= Beginning of Section =

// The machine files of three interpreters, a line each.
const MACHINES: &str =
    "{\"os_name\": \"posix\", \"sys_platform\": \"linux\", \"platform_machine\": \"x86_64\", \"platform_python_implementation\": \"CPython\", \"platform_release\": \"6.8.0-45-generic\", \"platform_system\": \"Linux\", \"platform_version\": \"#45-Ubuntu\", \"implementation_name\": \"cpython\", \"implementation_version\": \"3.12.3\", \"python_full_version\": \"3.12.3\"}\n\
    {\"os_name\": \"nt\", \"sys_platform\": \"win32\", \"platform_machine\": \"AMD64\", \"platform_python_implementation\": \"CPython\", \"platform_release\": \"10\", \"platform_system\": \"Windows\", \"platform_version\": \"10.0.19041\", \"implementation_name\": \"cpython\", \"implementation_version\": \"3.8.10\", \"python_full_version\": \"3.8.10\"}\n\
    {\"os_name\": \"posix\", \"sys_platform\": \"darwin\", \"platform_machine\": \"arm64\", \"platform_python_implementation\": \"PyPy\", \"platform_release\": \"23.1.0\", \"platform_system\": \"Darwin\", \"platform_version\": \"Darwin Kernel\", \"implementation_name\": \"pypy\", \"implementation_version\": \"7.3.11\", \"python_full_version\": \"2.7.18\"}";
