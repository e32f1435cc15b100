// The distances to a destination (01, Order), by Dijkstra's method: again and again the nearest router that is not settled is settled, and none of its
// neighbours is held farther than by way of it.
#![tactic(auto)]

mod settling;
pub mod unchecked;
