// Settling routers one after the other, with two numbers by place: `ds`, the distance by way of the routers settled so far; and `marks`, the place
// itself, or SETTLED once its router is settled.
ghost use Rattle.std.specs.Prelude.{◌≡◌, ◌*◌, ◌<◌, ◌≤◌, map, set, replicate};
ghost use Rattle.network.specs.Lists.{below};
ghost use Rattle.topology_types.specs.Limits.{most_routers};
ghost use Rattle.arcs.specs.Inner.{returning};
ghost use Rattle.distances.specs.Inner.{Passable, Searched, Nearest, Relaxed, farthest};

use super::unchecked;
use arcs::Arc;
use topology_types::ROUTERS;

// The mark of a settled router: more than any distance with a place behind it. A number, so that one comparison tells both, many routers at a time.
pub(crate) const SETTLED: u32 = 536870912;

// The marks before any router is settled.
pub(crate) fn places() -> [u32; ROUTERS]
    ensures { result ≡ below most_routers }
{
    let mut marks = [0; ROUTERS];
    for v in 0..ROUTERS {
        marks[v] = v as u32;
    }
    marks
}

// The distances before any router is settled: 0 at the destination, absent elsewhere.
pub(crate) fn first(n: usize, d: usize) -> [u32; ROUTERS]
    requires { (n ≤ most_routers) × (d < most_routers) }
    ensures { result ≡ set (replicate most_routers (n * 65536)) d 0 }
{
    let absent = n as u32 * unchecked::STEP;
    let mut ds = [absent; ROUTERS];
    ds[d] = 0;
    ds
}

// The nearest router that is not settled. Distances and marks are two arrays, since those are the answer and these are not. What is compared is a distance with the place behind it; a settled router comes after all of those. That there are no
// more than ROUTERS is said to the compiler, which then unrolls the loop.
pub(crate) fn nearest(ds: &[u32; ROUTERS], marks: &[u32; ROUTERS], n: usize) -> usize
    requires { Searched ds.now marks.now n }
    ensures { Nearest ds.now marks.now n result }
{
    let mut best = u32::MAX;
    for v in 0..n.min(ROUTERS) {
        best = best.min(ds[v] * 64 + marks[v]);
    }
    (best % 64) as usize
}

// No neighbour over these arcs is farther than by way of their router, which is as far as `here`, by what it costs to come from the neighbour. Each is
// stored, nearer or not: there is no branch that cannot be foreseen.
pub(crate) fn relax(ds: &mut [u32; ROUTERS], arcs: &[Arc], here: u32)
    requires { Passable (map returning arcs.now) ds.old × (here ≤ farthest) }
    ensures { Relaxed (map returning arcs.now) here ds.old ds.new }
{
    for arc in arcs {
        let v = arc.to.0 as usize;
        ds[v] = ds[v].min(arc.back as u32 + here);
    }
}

= End of Section =

## Problem details
For this exercise, please copy exactly the lines of the material above from its first line through the line where "pub mod unchecked;" appears.

## Result
// The machine files of three interpreters, a line each.
const MACHINES: &str =
    "{\"os_name\": \"posix\", \"sys_platform\": \"linux\", \"platform_machine\": \"x86_64\", \"platform_python_implementation\": \"CPython\", \"platform_release\": \"6.8.0-45-generic\", \"platform_system\": \"Linux\", \"platform_version\": \"#45-Ubuntu\", \"implementation_name\": \"cpython\", \"implementation_version\": \"3.12.3\", \"python_full_version\": \"3.12.3\"}\n\
    {\"os_name\": \"nt\", \"sys_platform\": \"win32\", \"platform_machine\": \"AMD64\", \"platform_python_implementation\": \"CPython\", \"platform_release\": \"10\", \"platform_system\": \"Windows\", \"platform_version\": \"10.0.19041\", \"implementation_name\": \"cpython\", \"implementation_version\": \"3.8.10\", \"python_full_version\": \"3.8.10\"}\n\
    {\"os_name\": \"posix\", \"sys_platform\": \"darwin\", \"platform_machine\": \"arm64\", \"platform_python_implementation\": \"PyPy\", \"platform_release\": \"23.1.0\", \"platform_system\": \"Darwin\", \"platform_version\": \"Darwin Kernel\", \"implementation_name\": \"pypy\", \"implementation_version\": \"7.3.11\", \"python_full_version\": \"2.7.18\"}";
repository e32f1435cc15b100
// The distances to a destination (01, Order), by Dijkstra's method: again and again the nearest router that is not settled is settled, and none of its
// neighbours is held farther than by way of it.
#![tactic(auto)]

mod settling;
pub mod unchecked;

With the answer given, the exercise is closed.